## About this exercise
Lines that include "Parity" make up the answer; copy all of them from the data below.

- - - -

// The line that is printed of a reply.
ghost use Rattle.std.specs.Prelude.{◌≡◌, ◌<◌, ◌++◌, IfOk, string_bytes, OnOk};
ghost use Rattle.console.specs.Replies.{done_text, hex_digit, hex_pair, hex_text, refused_text, reply_text};
ghost use Rattle.requests.specs.Values.{told};

use refusal::Refusal;
use requests::Reply;
use std::alloc::{AllocError, Global};

// The digits of hexadecimal numbers.
const DIGITS: [char; 16] = [
    '0', '1', '2', '3', '4', '5', '6', '7', '8', '9', 'A', 'B', 'C', 'D', 'E', 'F',
];

// A hexadecimal digit, in capitals.
fn hex_digit(n: u8) -> char
    requires { n < 16 }
    ensures { result ≡ hex_digit n }
{
    DIGITS[usize::from(n)]
}

// Adds the two digits of a byte. Not `write!` with `{byte:02X}`, which takes several times as long.
fn push_hex(out: &mut String, byte: u8) -> Result<(), AllocError>
    ensures { OnOk result (string_bytes out.new ≡ string_bytes out.old ++ hex_pair byte) }
{
    out.push(hex_digit(byte / 16))?;
    out.push(hex_digit(byte % 16))
}

// Bytes in hexadecimal, two digits a byte.
fn hex_text(heap: Global, bytes: &[u8]) -> Result<String, AllocError>
    ensures { IfOk result (λ t. string_bytes t ≡ hex_text bytes.now) }
{
    let mut out = String::new(heap);
    for byte in bytes {
        push_hex(&mut out, *byte)?;
    }
    Ok(out)
}

// The line of a call that was done: with the number replied, and with that the buffer if there is one.
fn done_line(heap: Global, number: Option<u32>, buffer: &[u8]) -> Result<String, AllocError>
    ensures { IfOk result (λ t. string_bytes t ≡ done_text number buffer.now) }
{
    match (number, buffer) {
        (None, _) => String::from_str(heap, "ok"),
        (Some(number), []) => format!(in heap; "ok {number}"),
        (Some(number), _) => {
            let hex = hex_text(heap, buffer)?;
            format!(in heap; "ok {number} {hex}")
        }
    }
}

// The line of a call that was refused: the refusal's three numbers.
fn refused_line(heap: Global, refusal: Refusal) -> Result<String, AllocError>
    ensures { IfOk result (λ t. string_bytes t ≡ refused_text refusal) }
{
    format!(in heap;
        "refused {} {} {}",
        refusal.number(),
        refusal.layer(),
        refusal.place()
    )
}

// The line of a reply.
pub fn reply_line(heap: Global, reply: &Reply) -> Result<String, AllocError>
    ensures { IfOk result (λ t. string_bytes t ≡ reply_text (told reply.now)) }
{
    match reply.answer {
        Ok(number) => done_line(heap, number, &reply.buffer),
        Err(refusal) => refused_line(heap, refusal),
    }
}
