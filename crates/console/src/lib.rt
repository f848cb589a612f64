// The console of a pack unit: what a line of input asks for, and the line that is printed of a reply.
#![tactic(auto)]

mod calls;
mod fields;
mod forms;
mod numbers;
mod replies;
mod titles;

pub use calls::{Line, read_line};
pub use forms::Expected;
pub use replies::reply_line;
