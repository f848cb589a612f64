// Lines as calls: each with the buffers that it is handed.
ghost use Rattle.std.specs.Prelude.{◌≡◌, length, replicate, IfOk};
ghost use Rattle.console.specs.Calls.{ExpectsBy, meaning, read_line, requested};
ghost use Rattle.console.specs.Fields.{at, fields as fields_of};
ghost use Rattle.console.specs.Forms.{stands_for};
ghost use Rattle.console.specs.Titles.{name_bytes};
ghost use Rattle.model.specs.Requests.{find as find_call, initialise as initialise_call, show as show_call, take_up as take_up_call};
ghost use Rattle.requests.specs.Values.{meant};

use crate::forms::{Asked, Expected, read_fields};
use crate::titles::{Name, name_bytes};
use model::NameKind;
use requests::Request;
use std::alloc::{AllocError, Global};

// What a line says. A line that says nothing is no error here: the console tells what was expected and reads on, and `?`
// passes on nothing but a lack of memory.
#[derive(Drop)]
pub enum Line {
    // the work blocks of the calls that follow have this length
    Work { len: u32 },
    Call(Request),
    // the line says nothing, and this was expected
    Unreadable(Expected),
}

// So many zeros.
fn zeros(heap: Global, len: u32) -> Result<Vec<u8>, AllocError>
    ensures items { IfOk result (λ v. v.items ≡ replicate len 0) }
    ensures len { IfOk result (λ v. length v.items ≡ len) }
{
    vec![in heap; 0; len as usize]
}

fn initialise(
    heap: Global,
    name: Name<'_>,
    directory: u32,
    blocks: u32,
    work: u32,
) -> Result<Request, AllocError>
    ensures { IfOk result (λ call. meant call ≡ initialise_call work (name_bytes name.entry) directory blocks) }
{
    let name = name_bytes(heap, name)?;
    let work = zeros(heap, work)?;
    Ok(Request::Initialise {
        name,
        directory,
        blocks,
        work,
    })
}

fn take_up(heap: Global, work: u32) -> Result<Request, AllocError>
    ensures { IfOk result (λ call. meant call ≡ take_up_call work) }
{
    let work = zeros(heap, work)?;
    Ok(Request::TakeUp { work })
}

fn find(
    heap: Global,
    kind: NameKind,
    name: Name<'_>,
    len: u32,
    work: u32,
) -> Result<Request, AllocError>
    ensures { IfOk result (λ call. meant call ≡ find_call work kind (name_bytes name.entry) (replicate len 0)) }
{
    let name = name_bytes(heap, name)?;
    let buffer = zeros(heap, len)?;
    let work = zeros(heap, work)?;
    Ok(Request::Find {
        kind,
        name,
        buffer,
        work,
    })
}

fn show(heap: Global, entry: u32, len: u32, work: u32) -> Result<Request, AllocError>
    ensures { IfOk result (λ call. meant call ≡ show_call work entry (replicate len 0)) }
{
    let buffer = zeros(heap, len)?;
    let work = zeros(heap, work)?;
    Ok(Request::Show {
        entry,
        buffer,
        work,
    })
}

// What is asked for, with its buffers, which are all zeros.
fn line_of(heap: Global, what: Asked<'_>, work: u32) -> Result<Line, AllocError>
    ensures { IfOk result (λ l. meaning l ≡ requested work (stands_for what.entry)) }
{
    match what {
        Asked::Date { year, month, day } => Ok(Line::Call(Request::SetDate { year, month, day })),
        Asked::Init {
            name,
            directory,
            blocks,
        } => initialise(heap, name, directory, blocks, work).map(Line::Call),
        Asked::TakeUp => take_up(heap, work).map(Line::Call),
        Asked::Find { kind, name, len } => find(heap, kind, name, len, work).map(Line::Call),
        Asked::Show { entry, len } => show(heap, entry, len, work).map(Line::Call),
        Asked::Work { len } => Ok(Line::Work { len }),
    }
}

// What a line says. The work blocks of its call have the length `work`.
pub fn read_line(heap: Global, line: &[u8], work: u32) -> Result<Line, AllocError>
    ensures value { IfOk result (λ l. meaning l ≡ read_line work line.now) }
    ensures form { IfOk result (λ l. ExpectsBy (at 0 (fields_of line.now)) (meaning l)) }
{
    match read_fields(line) {
        Ok(what) => line_of(heap, what, work),
        Err(form) => Ok(Line::Unreadable(form)),
    }
}
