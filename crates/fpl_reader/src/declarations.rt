ghost use Rattle.std.specs.Prelude.{◌≡◌, IfOk, length, [], None};
ghost use Rattle.fpl_numbers.specs.Numbers.{is_listed};
ghost use Rattle.fpl_reader.specs.Reading.{field_twice, bad_prime, bad_weight_given, bad_weight, too_many, name_twice, early_refusal};

use crate::Reason;
use crate::survey::{DeclaredName, FieldName, FieldStatement, Survey};
use fpl_numbers::is_listed;
use fpl_syntax::Numeral;
use std::alloc::{AllocError, Global};
use std::collections::BTreeMap;

fn field_twice(fields: &[FieldStatement]) -> Option<usize>
    ensures { result ≡ field_twice fields.now }
{
    match fields {
        [_, second, ..] => Some(second.place),
        _ => None,
    }
}

fn bad_prime(fields: &[FieldStatement]) -> Option<usize>
    ensures { result ≡ bad_prime fields.now }
{
    match fields {
        [first, ..] => match first.name {
            FieldName::Rationals => None,
            FieldName::Prime(n) => {
                if is_listed(n.value) {
                    None
                } else {
                    Some(n.place)
                }
            }
        },
        _ => None,
    }
}

fn bad_weight_given(weight: Option<Numeral>) -> Option<usize>
    ensures { result ≡ bad_weight_given weight }
{
    match weight {
        None => None,
        Some(n) => {
            if 1 <= n.value && n.value <= 1000 {
                None
            } else {
                Some(n.place)
            }
        }
    }
}

fn bad_weight(names: &[DeclaredName]) -> Option<usize>
    ensures { result ≡ bad_weight names.now }
{
    for d in names {
        if let Some(place) = bad_weight_given(d.weight) {
            return Some(place);
        }
    }
    None
}

fn too_many(names: &[DeclaredName]) -> Option<usize>
    ensures { result ≡ too_many names.now }
{
    match names.get(64) {
        Some(d) => Some(d.word.start),
        None => None,
    }
}

fn name_twice(
    alloc: Global,
    text: &[u8],
    names: &[DeclaredName],
) -> Result<Option<usize>, AllocError>
    ensures { IfOk result (λ place. place ≡ name_twice text.now [] names.now) }
{
    let mut seen: BTreeMap<&[u8], ()> = BTreeMap::new(alloc);
    for d in names {
        if seen.insert(d.word.bytes(text), ())?.is_some() {
            return Ok(Some(d.word.start));
        }
    }
    Ok(None)
}

/// The first reason that the fields and the declarations give.
pub fn early_refusal(
    alloc: Global,
    text: &[u8],
    survey: &Survey,
) -> Result<Option<(usize, Reason)>, AllocError>
    ensures { IfOk result (λ r. r ≡ early_refusal text.now survey.now.fields survey.now.declared None) }
{
    let fields = survey.fields.as_slice();
    let names = survey.declared.as_slice();
    if fields.is_empty() {
        return Ok(Some((text.len(), Reason::NoField)));
    }
    if let Some(place) = field_twice(fields) {
        return Ok(Some((place, Reason::FieldTwice)));
    }
    if let Some(place) = bad_prime(fields) {
        return Ok(Some((place, Reason::BadPrime)));
    }
    if let Some(place) = name_twice(alloc, text, names)? {
        return Ok(Some((place, Reason::NameTwice)));
    }
    if let Some(place) = bad_weight(names) {
        return Ok(Some((place, Reason::BadWeight)));
    }
    match too_many(names) {
        Some(place) => Ok(Some((place, Reason::TooManyGenerators))),
        None => Ok(None),
    }
}
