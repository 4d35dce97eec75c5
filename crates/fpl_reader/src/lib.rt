//! The input language: reading a presentation from its text.
#![tactic(auto)]

mod claims;
mod declarations;
mod fault;
mod names;
mod reading;
mod sentence;
mod stream;
mod survey;
mod terminals;
mod tokens;

pub use fault::{ReaderError, Reason};
pub use reading::{one_answer, read};

#[cfg(test)]
mod tests;
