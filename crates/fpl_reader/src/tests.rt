use crate::{ReaderError, Reason, read};
use std::test::Fail;

#[test]
fn a_presentation_is_read(rt: HostRuntime) -> Result<(), Fail> {
    let text = b"field Q; even x:4; odd u:2; relation [u,u] = 4*x; ideal 1/2*x; equal x = 0;";
    let p = read(rt.alloc(), text)?;
    assert_eq!(rt; p.generators.len(), 2);
    assert_eq!(rt; p.relations.len(), 1);
    assert_eq!(rt; p.ideals.len(), 1);
    assert_eq!(rt; p.queries.len(), 1);
    Ok(())
}

#[test]
fn a_refusal_has_its_place_and_words(rt: HostRuntime) -> Result<(), Fail> {
    match read(rt.alloc(), b"field 7; even x; relation 1/7*x;") {
        Err(ReaderError::Refused { place, reason }) => {
            assert_eq!(rt; place, 28);
            assert_eq!(rt; reason, Reason::ZeroDenominator);
            assert_eq!(rt; reason.text(), b"zero denominator".as_slice());
        }
        _ => assert!(rt; false),
    }
    Ok(())
}
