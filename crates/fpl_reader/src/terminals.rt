ghost use Rattle.std.specs.Prelude.{◌≡◌};
ghost use Rattle.fpl_reader.specs.Terminals.{word_terminal, mark_terminal, terminal_of};

use fpl_lex::{Token, TokenKind};
use fpl_model::Parity;
use fpl_syntax::{ClaimKind, Numeral, Terminal, Word};

fn word_terminal(word: &[u8], start: usize, end: usize) -> Terminal
    ensures { result ≡ word_terminal word.now start end }
{
    if word == b"field".as_slice() {
        return Terminal::Field(start);
    }
    if word == b"even".as_slice() {
        return Terminal::Declare(Parity::Even);
    }
    if word == b"odd".as_slice() {
        return Terminal::Declare(Parity::Odd);
    }
    if word == b"relation".as_slice() {
        return Terminal::Claim(ClaimKind::Relation, start);
    }
    if word == b"ideal".as_slice() {
        return Terminal::Claim(ClaimKind::Ideal, start);
    }
    if word == b"equal".as_slice() {
        return Terminal::Claim(ClaimKind::Equal, start);
    }
    Terminal::Name(Word {
        start,
        end,
        rationals: word == b"Q".as_slice(),
    })
}

#[inline(always)]
fn mark_terminal(b: u8) -> Terminal
    ensures { result ≡ mark_terminal b }
{
    match b {
        b';' => Terminal::Semicolon,
        b',' => Terminal::Comma,
        b':' => Terminal::Colon,
        b'=' => Terminal::Equals,
        b'+' => Terminal::Plus,
        b'-' => Terminal::Minus,
        b'*' => Terminal::Star,
        b'/' => Terminal::Slash,
        b'[' => Terminal::OpenBracket,
        b']' => Terminal::CloseBracket,
        b'(' => Terminal::OpenGroup,
        _ => Terminal::CloseGroup,
    }
}

/// The terminal of a token of a text.
#[tactic(auto, unfolding(crate::specs::Terminals::terminal_of))]
#[inline(always)]
pub fn terminal_of(text: &[u8], token: Token) -> Terminal
    ensures { result ≡ terminal_of text.now token }
{
    match token.kind {
        TokenKind::Word => {
            let word = Word {
                start: token.start,
                end: token.end,
                rationals: false,
            };
            word_terminal(word.bytes(text), token.start, token.end)
        }
        TokenKind::Number(value) => Terminal::Number(Numeral {
            place: token.start,
            value,
        }),
        TokenKind::Mark(b) => mark_terminal(b),
    }
}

- - - -

## Worked solution
use fpl_model::Parity;
        return Terminal::Declare(Parity::Even);
        return Terminal::Declare(Parity::Odd);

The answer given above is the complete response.